# S&P 500 & NASDAQ Historical Data?



## shezian (3 June 2014)

HI
I was wondering if anyone knows where l can get historical charting data with indicators, going back at leasat 20 years on s&p500 and Nasdaq?  Would like to perform some technical back testing but am unable to find a platform where l can perform this. I can easily get it on the forex but can't seem to find anything reliable on the US and Aussie stocks. Thanks


----------



## shezian (6 June 2014)

shezian said:


> HI
> I was wondering if anyone knows where l can get historical charting data with indicators, going back at leasat 20 years on s&p500 and Nasdaq?  Would like to perform some technical back testing but am unable to find a platform where l can perform this. I can easily get it on the forex but can't seem to find anything reliable on the US and Aussie stocks. Thanks




I can't believe this doesn't exist?


----------



## CanOz (7 June 2014)

shezian said:


> I can't believe this doesn't exist?




amibroker with premium data....lots of mentions about this on the site, look around.


----------



## minwa (7 June 2014)

Don't bother with paying for data like this if you know some simple excel functions.
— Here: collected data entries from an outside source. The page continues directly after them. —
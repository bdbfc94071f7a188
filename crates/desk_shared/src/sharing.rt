//! A desk that is shared: opened, used through a pass, and closed.
ghost use Rattle.std.specs.Prelude.{◌≡◌, true, IfOk, IfErr};
ghost use Rattle.desk_shared.specs.Passes.{Owns, version_at};
ghost use Rattle.desk_shared.specs.Calls.{MayShare, Unshared, IsFirst, CommitsBy, IsLastSeen, IsFront, IsDeskAtClose};

mod asking;
mod splitting;
mod waiting;

use crate::board::{About, Top};
use crate::faults::{MOST_PLANNERS, PassLost, ShareFault};
use crate::numbers::numbers_to;
use crate::passes::Pass;
use crate::plays::Front;
use crate::steps::{free, grow, reach, win};
use atomic_table::Table;
use desk_core::{Commit, Desk, Refusal};
use grid_cells::Planner;
use std::alloc::{AllocError, Global};
use std::marker::Model;
use std::snapshot;
use std::sync::Wait;

/// A desk that several planners use, in threads of their own, each with a pass.
///
/// A call has the turn for one call of the desk, and gives it back whatever is answered. A thread
/// that waits for the turn sleeps.
pub struct SharedDesk {
    table: Top,
    planners: u32,
}

// How the table is dropped is proved here, and in no crate that drops one.
impl Drop for SharedDesk {
    fn drop(self) {
        let SharedDesk {
            table: _table,
            planners: _,
        } = self;
    }
}

impl Model for SharedDesk {
    ghost use Rattle.std.specs.Prelude.{◌≡◌};
    ghost use Rattle.desk_shared.specs.Passes.{Sharing};

    ghost Value = { Sharing };

    ghost view = { λ d. record { table_id = d.table.shared.table_id; planners = d.planners } };

    ghost invariant = { λ d. (d.table.shared.table_id.words ≡ 2) × (d.table.shared.table_id.slots ≡ 1) };
}

impl SharedDesk {
    /// Shares the desk with so many planners. The first pass has number 0 and keeps the others.
    ///
    /// # Errors
    ///
    /// The planners aren't 1 to MOST_PLANNERS, or there is no memory. The desk comes back as it was.
    pub fn open(
        alloc: Global,
        desk: Desk,
        planners: u32,
    ) -> Result<(SharedDesk, Pass), (ShareFault, Desk)>
        ensures shared { IfOk result (λ r. MayShare planners × (r.0.planners ≡ planners)) }
        ensures owned { IfOk result (λ r. Owns r.0 r.1) }
        ensures first { IfOk result (λ r. IsFirst desk planners r.1.known) }
        ensures fault { IfErr result (λ r. Unshared planners r.0) }
        ensures handed_back { IfErr result (λ r. r.1 ≡ desk) }
    {
        if planners == 0 || planners > MOST_PLANNERS {
            return Err((ShareFault::BadPlanners, desk));
        }
        let Some(planner) = Planner::new(0) else {
            unreachable!()
        };
        let about = About {
            start: snapshot::Snapshot::of(&desk),
            planners,
            unused: numbers_to(planners),
        };
        let _limit = desk.limit().entries();
        let words = [desk.version(), 1];
        let made: Result<(Top, _), AllocError> = Table::vacant(alloc, &words, 1, &about);
        let Ok((table, mut place)) = made else {
            return Err((ShareFault::OutOfMemory, desk));
        };
        reach(&table.shared, &mut place);
        free(&table.shared, &mut place, desk);
        let About { unused, .. } = about;
        let pass = Pass {
            place,
            planner,
            unused,
        };
        Ok((SharedDesk { table, planners }, pass))
    }

    /// Whether the pass is of this shared desk: the condition of each call with a pass. It is
    /// known before the program runs, so the answer is always true.
    pub fn owns(&self, pass: &Pass) -> bool
        requires { Owns self.now pass.now }
        ensures { result ≡ true }
    {
        let _same = pass;
        true
    }

    /// Commits at the desk, in the pass's turn, and answers the new version. It may wait.
    ///
    /// # Errors
    ///
    /// The desk's refusal, and the commit as it was handed in.
    pub fn commit<R: Wait>(
        &self,
        rt: &R,
        pass: &mut Pass,
        commit: Commit,
    ) -> Result<u64, (Refusal, Commit)>
        requires owned { Owns self.now pass.old }
        requires planner { commit.planner ≡ pass.old.known.planner }
        ensures owned { Owns self.now pass.new }
        ensures answer { CommitsBy pass.old.known commit result pass.new.known }
        ensures last { IfOk result (IsLastSeen pass.new.known commit) }
    {
        let (answer, _) = self.commit_at(rt, pass, commit);
        answer
    }

    /// Commits at the desk as `commit` does, and answers too the version that the desk then has.
    pub fn commit_at<R: Wait>(
        &self,
        rt: &R,
        pass: &mut Pass,
        commit: Commit,
    ) -> (Result<u64, (Refusal, Commit)>, u64)
        requires owned { Owns self.now pass.old }
        requires planner { commit.planner ≡ pass.old.known.planner }
        ensures owned { Owns self.now pass.new }
        ensures answer { CommitsBy pass.old.known commit result.0 pass.new.known }
        ensures last { IfOk result.0 (IsLastSeen pass.new.known commit) }
        ensures at { result.1 ≡ version_at pass.new.known.start pass.new.known.made }
    {
        let top = &self.table.shared;
        let mut desk = win(rt, top, &mut pass.place);
        match desk.commit(commit) {
            Ok(version) => {
                grow(top, &mut pass.place, desk);
                (Ok(version), version)
            }
            Err(refused) => {
                let version = desk.version();
                free(top, &mut pass.place, desk);
                (Err(refused), version)
            }
        }
    }

    /// The version of the desk, without a turn. No later answer to the pass is of a lesser one.
    pub fn front(&self, pass: &mut Pass) -> u64
        requires owned { Owns self.now pass.old }
        ensures owned { Owns self.now pass.new }
        ensures answer { IsFront pass.old.known result pass.new.known }
    {
        self.table.shared.load::<Front>(&mut pass.place, 0)
    }

    /// Ends the sharing, and gives the desk back.
    ///
    /// # Errors
    ///
    /// The desk is lost where the turn isn't free. Each call that has returned has given it back.
    pub fn close(self, pass: Pass) -> Result<Desk, PassLost>
        requires owned { Owns self pass }
        ensures { IfOk result (IsDeskAtClose pass.known) }
    {
        let SharedDesk { table, planners: _ } = self;
        let Pass { place, .. } = pass;
        let mut closed = table.close_with(place);
        let turn = closed.word(1);
        let desk = closed.take(0);
        closed.free();
        match desk {
            Some(desk) if turn == 0 => Ok(desk),
            lost => {
                drop(lost);
                Err(PassLost)
            }
        }
    }
}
Go Yahoo Finance get the raw data and find formula for the indicators you want. Simply plot the results on a chart if you want to see it visually.


----------



## shezian (7 June 2014)

minwa said:


> Don't bother with paying for data like this if you know some simple excel functions. Go Yahoo Finance get the raw data and find formula for the indicators you want. Simply plot the results on a chart if you want to see it visually.




When you say plot, do you mean l can transfer that data onto a chart with candlesticks? I use candlesticks on a chart to backtest.

Thx


----------



## minwa (10 June 2014)

shezian said:


> When you say plot, do you mean l can transfer that data onto a chart with candlesticks? I use candlesticks on a chart to backtest.
> 
> Thx




I think you can, anyway OHLC shows exactly the same data as candlesticks, you won't be missing any magical reversal patterns.


----------



## shezian (11 June 2014)

minwa said:


> I think you can, anyway OHLC shows exactly the same data as candlesticks, you won't be missing any magical reversal patterns.




But l can't scroll the chart along or anything like a normal chart?


----------



## cornucopian (13 June 2014)

Try google finance. There are various technical indicators to choose under the chart.


----------



## SuperGlue (14 June 2014)

shezian said:


> But l can't scroll the chart along or anything like a normal chart?




Sign up with Esignal for a trial period of one month.

Esignal supplies all data in the world from most markets.
You can do all the back testing you want plus more.


----------